Stored entries
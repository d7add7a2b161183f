//! Memory of an opened store gets its newest records, so that what was newest before a crash is found there from the beginning on.
#![tactic(auto)]

mod records;
mod recovering;
mod warming;

pub use recovering::recover_warm;
pub use warming::warm;
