//! The search along bucket and chain, which all straight calls share.
ghost use Rattle.std.specs.Prelude.{◌≡◌, ◌==◌, ◌&&◌, not, ◌⊎◌, ◌<◌, ◌≤◌, ◌+◌, ◌-◌, ◌/◌, ◌^◌, ℕ, IfSome, false, is_some, true};
ghost use Rattle.fkv_map.specs.declared.operations.Call.{Call};
ghost use Rattle.fkv_map.specs.Keys.{key_of};
ghost use Rattle.fkv_plane.specs.Places.{bucket_place};
ghost use Rattle.fkv_index.specs.Slots.{entry_addr, home_of, is_entry};
ghost use Rattle.fkv_ops.specs.Requests.{is_read};
ghost use Rattle.fkv_session.specs.Sessions.{Seat, SessionState, is_busy};
ghost use Rattle.fkv_straight.specs.Course.{Course, course_of, shares, Goes};
ghost use Rattle.fkv_straight.specs.Memory.{is_in_memory};
ghost use Rattle.fkv_straight.specs.Met.{Begins, HasMet, HasSlot, IsAtFirst, IsAtLink, IsMet, IsReached};
ghost use Rattle.fkv_straight.specs.declared.searching.Judged.TheVariants.{Here, Other};
ghost use Rattle.fkv_straight.specs.declared.searching.Slot.{Slot};
ghost use Rattle.fkv_straight.specs.declared.searching.Record.{Record};
ghost use Rattle.fkv_straight.specs.declared.searching.Sought.TheVariants.{At, Passed};
ghost use Rattle.fkv_straight.specs.declared.searching.Visited.TheVariants.{Own, Other as Past};
ghost use Rattle.fkv_straight.specs.Standing.{};

use crate::going::Going;
use crate::lines::Line;
use crate::words::{addr_of, header_said, is_entry, is_read, past_shared};
use fkv_base::Addr;
use fkv_map::{Call, Op};
use fkv_ops::HeaderSaid;
use fkv_plane::RecordWord;

/// The slot of a home: its place, and the word that was found there, 0 where it is empty.
#[derive(Clone, Copy)]
pub struct Slot {
    pub place: usize,
    pub entry: u64,
}

/// The record of a key that was met in memory, and the slot from whose entry the walk to it began.
#[derive(Clone, Copy)]
pub struct Record {
    pub place: usize,
    pub entry: u64,
    pub addr: u64,
    pub header: u64,
    /// The mark of its version.
    pub mark: u64,
    /// The place of its header.
    pub at: usize,
}

/// What a search has met.
#[derive(Clone, Copy)]
pub enum Met {
    Found(Record),
    /// The chain ends, and has no record of the key.
    Nowhere(Slot),
    /// The chain leaves memory at this address.
    OnDisk(Slot, u64),
}

/// Searches through more overflow buckets, and walks along more records behind the first, are the machine's.
const LINKS: usize = 3;

const RECORDS: usize = 7;

/// What the word of a slot is to the search for a tag.
enum Judged {
    /// The search ends here: the slot is empty, or has an entry of the tag.
    Here,
    /// An entry of another tag.
    Other,
    Spoiled,
}

/// What a word is to the search. Most words have an address, and most that end a search have the tag.
#[inline(always)]
fn judge(word: u64, tag: u64) -> Judged
    requires tag { tag < 2 ^ 15 }
    ensures here { result ≡ Here → (word ≡ 0) ⊎ ((is_entry word ≡ true) × (word / 2 ^ 48 ≡ tag)) }
    ensures other { result ≡ Other → (is_entry word ≡ true) × ¬ (word / 2 ^ 48 ≡ tag) }
{
    let addr = addr_of(word);
    if addr == 0 {
        if word == 0 {
            return Judged::Here;
        }
        return Judged::Spoiled;
    }
    if word >> 48 == tag {
        return Judged::Here;
    }
    let entry = is_entry(word);
    if entry {
        Judged::Other
    } else {
        Judged::Spoiled
    }
}

/// What the search along a bucket's slots has come to.
enum Sought {
    At(Slot),
    /// Each slot has an entry of another tag.
    Passed,
    /// A word is none that a slot may have, or the machine has to count.
    Unusual,
}

/// Whether a search that ends at this word is the machine's: an update's that has a bound and is at an empty slot behind its first bucket. The machine
/// counts the taken buckets then.
#[inline(always)]
fn is_counted(going: &Going, op: Op, word: u64, passed: usize) -> bool
    ensures { result ≡ word == 0 && not (passed == 0) && is_some going.now.bound && not (is_read op) }
{
    word == 0 && passed != 0 && going.is_bounded() && !is_read(op)
}
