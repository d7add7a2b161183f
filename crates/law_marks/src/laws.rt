//! What words show of versions.
ghost use Rattle.law_marks.specs.Words.{CutsShowMarks, HeadersShowMarks, PhasesShowVersions};
ghost use Rattle.law_marks.specs.Telling.{MarksComeAgain, MarksStay, MarksTellInWindow, MarksTellNear, SpecifiedInWindow};

/// A new record's header has the mark of its request's version, and so has the cut word of a version that a session leaves. The phase
/// word says the version itself. Up to 8191 a version is its own mark. The marks come again each 8191 versions, so nearer ones are told
/// apart by them. Recovery reads each mark of a checkpoint's window as its version. All versions of a specified store are in one window.
pub fn law_marks()
    ensures headers { HeadersShowMarks }
    ensures cuts { CutsShowMarks }
    ensures phases { PhasesShowVersions }
    ensures stay { MarksStay }
    ensures again { MarksComeAgain }
    ensures near { MarksTellNear }
    ensures window { MarksTellInWindow }
    ensures specified { SpecifiedInWindow }
{}
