//! Memory of an opened store gets its newest records.
ghost use Rattle.std.specs.Prelude.{◌≡◌, ◌+◌, ◌*◌, ◌≤◌, IfOk, IfErr};
ghost use Rattle.fkv_disk.specs.Kinds.{OnlyReads};
ghost use Rattle.fkv_disk.specs.Quiet.{IsHindrance, IsQuiet};
ghost use Rattle.fkv_opening.specs.Opened.{IsStoreOf};
ghost use Rattle.fkv_opening.specs.Opening.{opening_limit};
ghost use Rattle.fkv_warming.specs.Warmed.{IsSameStore, warm_from};

use crate::records::records_from;
use fkv_base::{Addr, Fault};
use fkv_disk::Device;
use fkv_marks::mark;
use fkv_opening::Opened;
use fkv_plane::Places;
use std::alloc::Global;

/// From where on memory is to have the records: the newest ones from the log's begin on, at most so many, and as many as fit beside the room that is open to
/// new ones.
fn first_warm(opened: &Opened, most: u64) -> Addr
    ensures { result.0 ≡ warm_from opened.now most }
{
    let limit = opened.words().limit.0;
    let ring = Places::of(&opened.shape).ring as u64;
    let fits = limit.saturating_sub(ring);
    let wanted = opened.tail.0.saturating_sub(most);
    Addr(fits.max(wanted).max(opened.begin.0))
}

/// Gives memory of an opened store its newest records, at most so many, and as many as its frames have room for. All else stays as it was opened.
///
/// Without this a store opens with nothing in memory, and its first read of each key waits for the keeper. It reads the records one after
/// another, and makes no other call. `Device` comes only where the device failed in this call, `Memory` where memory was refused; then the
/// store is dropped.
pub fn warm<D: Device>(alloc: Global, opened: Opened, most: u64, d: &mut D) -> Result<Opened, Fault>
    ensures ok { D.honest d.old → IsStoreOf (D.seen d.old) opened → IfOk result (IsStoreOf (D.seen d.old)) }
    ensures same { IfOk result (IsSameStore opened) }
    ensures warm { IfOk result (λ warmed. warmed.warm.0 ≡ warm_from opened most) }
    ensures err { IfErr result (IsHindrance (D.failed d.old) (D.failed d.new)) }
    ensures quiet { IsQuiet D.honest D.seen D.may_leave D.moment D.left_since D.failed d.old d.new }
    ensures reads { OnlyReads D.refuses D.expects d.old d.new }
{
    let first = first_warm(&opened, most);
    let version = mark(opened.number);
    let words = records_from(
        alloc,
        opened.shape,
        opened.begin,
        version,
        first,
        opened.tail,
        d,
    )?;
    let Opened {
        shape,
        number,
        begin,
        tail,
        points,
        gates,
        checkpoint,
        lost,
        entries,
        ..
    } = opened;
    Ok(Opened {
        shape,
        number,
        begin,
        tail,
        points,
        gates,
        checkpoint,
        lost,
        entries,
        warm: first,
        frames: words,
    })
}
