//! Recovery, with the newest records for memory.
ghost use Rattle.std.specs.Prelude.{◌≡◌, IfOk, OnOk, IfErr};
ghost use Rattle.fkv_disk.specs.Device.{LeavesOnly};
ghost use Rattle.fkv_disk.specs.Kinds.{OneSyncThenReads};
ghost use Rattle.fkv_disk.specs.Quiet.{IsQuiet};
ghost use Rattle.fkv_opening.specs.Faults.{IsFaultOf, IsRefused};
ghost use Rattle.fkv_opening.specs.Opened.{IsStoreOf};
ghost use Rattle.fkv_warming.specs.Warmed.{warm_from};

use crate::warming::warm;
use fkv_base::Fault;
use fkv_disk::Device;
use fkv_opening::{Opened, recover};
use std::alloc::Global;

/// Opens the store with this image as `recover` does, and gives memory its newest records as `warm` does, at most so many: 0 for none.
///
/// It is refused as `recover` is. `Device` comes only where the device failed in this call, `Memory` where memory was refused.
pub fn recover_warm<D: Device>(alloc: Global, most: u64, d: &mut D) -> Result<Opened, Fault>
    ensures ok { D.honest d.old → IfOk result (IsStoreOf (D.seen d.old)) }
    ensures warm { IfOk result (λ opened. opened.warm.0 ≡ warm_from opened most) }
    ensures err { IfErr result (IsRefused (D.failed d.old) (D.failed d.new) (D.honest d.old) (IsFaultOf (D.seen d.old))) }
    ensures synced { D.honest d.old → OnOk result (LeavesOnly (D.seen d.old) (D.may_leave d.new)) }
    ensures quiet { IsQuiet D.honest D.seen D.may_leave D.moment D.left_since D.failed d.old d.new }
    ensures asked { OneSyncThenReads D.refuses D.expects d.old d.new }
{
    let opened = match recover(alloc, d) {
        Ok(opened) => opened,
        Err(fault) => return Err(fault),
    };
    match warm(alloc, opened, most, d) {
        Ok(warmed) => Ok(warmed),
        Err(fault) => Err(fault),
    }
}
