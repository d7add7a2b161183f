//! The newest records of a store, as memory is to have them.
ghost use Rattle.std.specs.Prelude.{◌≡◌, ◌-◌, ◌+◌, ◌*◌, ◌<◌, ◌≤◌, ◌^◌, ◌++◌, IfOk, IfErr, OnOk, OnErr, Err, length};
ghost use Rattle.fkv_base.specs.declared.faults.Fault.TheVariants.{Memory};
ghost use Rattle.fkv_disk.specs.Bytes.{bytes_at};
ghost use Rattle.fkv_disk.specs.Kinds.{OnlyReads};
ghost use Rattle.fkv_disk.specs.Quiet.{IsHindrance, IsQuiet};
ghost use Rattle.fkv_record.specs.Places.{number_at, record_place};
ghost use Rattle.fkv_warming.specs.Records.{record_words, records_from};

use fkv_base::{Addr, Fault, Shape, Version};
use fkv_disk::Device;
use fkv_record::{from_or_none, record_place};
use std::alloc::Global;

/// The number whose eight bytes begin at a place.
fn number_at(bytes: &[u8], at: usize) -> u64
    requires { (at + 8) ≤ length bytes.now }
    ensures { result ≡ number_at bytes.now at }
{
    u64::from_le_bytes([
        bytes[at],
        bytes[at + 1],
        bytes[at + 2],
        bytes[at + 3],
        bytes[at + 4],
        bytes[at + 5],
        bytes[at + 6],
        bytes[at + 7],
    ])
}

/// The bytes of the record at an address.
fn record_bytes<D: Device>(d: &mut D, shape: Shape, addr: Addr) -> Result<[u8; 24], Fault>
    requires { addr.0 < 2 ^ 48 }
    ensures ok { D.honest d.old → IfOk result (λ bytes. bytes ≡ bytes_at (D.seen d.old) (record_place shape addr.0) 24) }
    ensures whole { IfOk result (λ bytes. length bytes ≡ 24) }
    ensures err { IfErr result (IsHindrance (D.failed d.old) (D.failed d.new)) }
    ensures quiet { IsQuiet D.honest D.seen D.may_leave D.moment D.left_since D.failed d.old d.new }
    ensures reads { OnlyReads D.refuses D.expects d.old d.new }
{
    let mut bytes = [0; 24];
    d.read(record_place(shape, addr), &mut bytes)?;
    Ok(bytes)
}

/// Pushes the words that memory is to have of a record: what it leads to and this version, its key, and its value.
fn push_record(
    frames: &mut Vec<u64>,
    bytes: &[u8],
    begin: Addr,
    number: Version,
) -> Result<(), Fault>
    requires whole { length bytes.now ≡ 24 }
    requires few { number.0 < 2 ^ 13 }
    ensures ok { OnOk result (frames.new.items ≡ frames.old.items ++ record_words bytes.now begin.0 number.0) }
    ensures err { OnErr result (result ≡ Err Memory) }
{
    let named = number_at(bytes, 0) % (1 << 48);
    let previous = from_or_none(begin, Addr(named));
    let words = [
        previous.0 + (number.0 << 48),
        number_at(bytes, 8),
        number_at(bytes, 16),
    ];
    frames.extend_from_slice(&words)?;
    Ok(())
}

/// The words that memory is to have of the records from one address up to another, as of this version, in a log with this begin. It reads them one after
/// another.
pub(crate) fn records_from<D: Device>(
    alloc: Global,
    shape: Shape,
    begin: Addr,
    number: Version,
    first: Addr,
    end: Addr,
    d: &mut D,
) -> Result<Vec<u64>, Fault>
    requires upwards { first.0 ≤ end.0 }
    requires end { end.0 < 2 ^ 48 }
    requires few { number.0 < 2 ^ 13 }
    ensures ok { D.honest d.old → IfOk result (λ words. words.items ≡ records_from (D.seen d.old) shape begin.0 number.0 first.0 (end.0 - first.0)) }
    ensures many { IfOk result (λ words. length words.items ≡ 3 * (end.0 - first.0)) }
    ensures err { IfErr result (IsHindrance (D.failed d.old) (D.failed d.new)) }
    ensures quiet { IsQuiet D.honest D.seen D.may_leave D.moment D.left_since D.failed d.old d.new }
    ensures reads { OnlyReads D.refuses D.expects d.old d.new }
{
    let mut words = Vec::new(alloc);
    for addr in first.0..end.0 {
        let bytes = record_bytes(d, shape, Addr(addr))?;
        push_record(&mut words, &bytes, begin, number)?;
    }
    Ok(words)
}
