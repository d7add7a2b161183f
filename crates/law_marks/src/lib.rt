//! What words show of a version, and where that tells it: a header and a cut word show its mark, and the phase word itself.
#![tactic(auto)]

mod laws;

pub use laws::law_marks;
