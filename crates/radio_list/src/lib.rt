// A dispatcher's list of tallies, one for each radio that is listed (request 2026-05), read from a text of bytes.
// It sees `calls`, `tally`, `radios` and `scan`. It promises the meaning that specs/ gives the text, for every byte
// string: all 64 tallies, with five zeros for a radio that is not listed, or the number of a refusal.
#![tactic(auto)]

ghost use Rattle.std.specs.Prelude.{◌≡◌, ◌<◌, ◌≤◌, IfOk};
ghost use Rattle.radios.specs.Radios.{radio_count};
ghost use Rattle.radios.specs.Runs.{no_blocks};
ghost use Rattle.scan.specs.Answers.{reading_of};
ghost use Rattle.radio_list.specs.RadioList.{radio_line, checked_line, lines_from, meaning, ListRead};
ghost use Rattle.radio_list.specs.Private.{checked_of, listed_of};

use calls::Refusal;
use radios::{Entry, Radios};
use tally::{MOST_BLOCKS, Tally};

// The most bytes of an accepted list.
pub const LONGEST_LIST: usize = 32768;

// The tallies of all radios, five zeros each after a refusal.
#[derive(Clone, Copy)]
pub struct RadioList {
    pub radios: Radios,
    pub answer: Result<(), Refusal>,
}

// The six numbers of a line.
#[tactic(auto, unfolding(crate::specs::RadioList::radio_line))]
fn read_line(text: &[u8]) -> Option<(Entry, &[u8])>
    ensures { radio_line text.now ≡ reading_of result }
{
    let (radio, text) = scan::read_item(text, 5)?;
    let (blocks, text) = scan::read_item(text, 4)?;
    let (by_criterion, text) = scan::read_item(text, 3)?;
    let (by_limit, text) = scan::read_item(text, 2)?;
    let (refusals, text) = scan::read_item(text, 1)?;
    let (iterations, text) = scan::read_item(text, 0)?;
    let tally = Tally {
        blocks,
        by_criterion,
        by_limit,
        refusals,
        iterations,
    };
    Some((Entry { radio, tally }, text))
}

// A line where the radio must be `least` or above.
#[tactic(auto, unfolding(crate::specs::RadioList::checked_line))]
fn check_line(text: &[u8], least: u32) -> Result<(Entry, &[u8]), Refusal>
    ensures value { checked_line least text.now ≡ checked_of result }
    ensures within { IfOk result (λ p. (least ≤ p.0.radio) × (p.0.radio < radio_count)) }
{
    let (entry, rest) = read_line(text).ok_or(Refusal::MalformedText)?;
    if !radios::is_radio(entry.radio) {
        return Err(Refusal::RadioNumber);
    }
    if entry.radio < least {
        return Err(Refusal::MalformedText);
    }
    if MOST_BLOCKS < entry.tally.blocks || !entry.tally.consistent() {
        return Err(Refusal::UnusableTally);
    }
    Ok((entry, rest))
}

// The lines after the first. As radios rise from line to line, 64 lines at most pass.
#[tactic(auto, using(crate::proofs::Rules::lines))]
fn read_lines(text: &[u8]) -> Result<Radios, Refusal>
    ensures { lines_from 0 no_blocks text.now ≡ listed_of result }
{
    let mut radios = Radios::new();
    let mut least = 0;
    let mut rest = text;
    while !rest.is_empty() {
        let (entry, after) = check_line(rest, least)?;
        radios.tallies[entry.radio as usize] = entry.tally;
        least = entry.radio + 1;
        rest = after;
    }
    Ok(radios)
}

// The tallies that a text lists.
#[tactic(auto, unfolding(crate::specs::RadioList::meaning))]
fn listed(text: &[u8]) -> Result<Radios, Refusal>
    ensures { meaning text.now ≡ listed_of result }
{
    if LONGEST_LIST < text.len() {
        return Err(Refusal::MalformedText);
    }
    let names = b"radio blocks criterion limit refusals iterations\n";
    let lines = scan::literal(text, names).ok_or(Refusal::MalformedText)?;
    read_lines(lines)
}

// The tallies of a text.
pub fn read(text: &[u8]) -> RadioList
    ensures { ListRead (meaning text.now) result }
{
    match listed(text) {
        Ok(radios) => RadioList {
            radios,
            answer: Ok(()),
        },
        Err(refusal) => RadioList {
            radios: Radios::new(),
            answer: Err(refusal),
        },
    }
}
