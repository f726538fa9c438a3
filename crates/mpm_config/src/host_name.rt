//! The names of a host.
ghost use Rattle.std.specs.Prelude.{◌≡◌, ◌==◌, ◌||◌};
ghost use Rattle.std.specs.List.{list_any};
ghost use Rattle.mpm_config.specs.HostName.{are_aliases, are_host_names, is_host_name, is_server_name, server_name};
ghost use Rattle.conf_text.specs.Words.{words};

use crate::value::port;
use conf_text::{First, around, first_word};
use name_hosts::without_point;

/// Whether there is an asterisk or a question mark.
fn has_wildcard(name: &[u8]) -> bool
    ensures { result ≡ list_any (λ b. b == 42 || b == 63) name.now }
{
    name.iter().any(|b| *b == b'*' || *b == b'?')
}

/// Whether it is a name: some bytes without an asterisk or a question mark, and no point alone.
fn is_host_name(name: &[u8]) -> bool
    ensures { result ≡ is_host_name name.now }
{
    !name.is_empty() && !has_wildcard(name) && name != b".".as_slice()
}

/// Whether it is a value of ServerName: a name, or a name, a colon and a port.
pub fn is_server_name(value: &[u8]) -> bool
    ensures { result ≡ is_server_name value.now }
{
    match around(value, b':') {
        Some((name, after)) => is_host_name(name) && port(after).is_some(),
        None => is_host_name(value),
    }
}

/// The name in a value of ServerName, without its port and one point at its end.
pub fn server_name(value: &[u8]) -> &[u8]
    ensures { result.now ≡ server_name value.now }
{
    match around(value, b':') {
        Some((name, _)) => without_point(name),
        None => without_point(value),
    }
}

/// Whether each word is a name.
fn are_host_names(line: &str) -> bool
    ensures { result ≡ are_host_names (words line.now) }
{
    let mut rest = line;
    loop {
        match first_word(rest) {
            First::End => return true,
            First::Unclosed => return false,
            First::Closed(name, after) => {
                if !is_host_name(name.as_bytes()) {
                    return false;
                }
                rest = after;
            }
        }
    }
}

/// Whether the words are a value of ServerAlias: one or more names.
pub fn are_aliases(line: &str) -> bool
    ensures { result ≡ are_aliases (words line.now) }
{
    match first_word(line) {
        First::End => false,
        _ => are_host_names(line),
    }
}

> **Directions**: Only one stretch of the data above is needed. Restate it word for word, from the line containing "previous.0 + (number.0" through the line containing "(λ words. words.items", both ends included.

> **Result of this task**:
        previous.0 + (number.0 << 48),
        number_at(bytes, 8),
        number_at(bytes, 16),
    ];
    frames.extend_from_slice(&words)?;
    Ok(())
}

/// The words that memory is to have of the records from one address up to another, as of this version, in a log with this begin. It reads them one after
/// another.
pub(crate) fn records_from<D: Device>(
    alloc: Global,
    shape: Shape,
    begin: Addr,
    number: Version,
    first: Addr,
    end: Addr,
    d: &mut D,
) -> Result<Vec<u64>, Fault>
    requires upwards { first.0 ≤ end.0 }
    requires end { end.0 < 2 ^ 48 }
    requires few { number.0 < 2 ^ 13 }
    ensures ok { D.honest d.old → IfOk result (λ words. words.items ≡ records_from (D.seen d.old) shape begin.0 number.0 first.0 (end.0 - first.0)) }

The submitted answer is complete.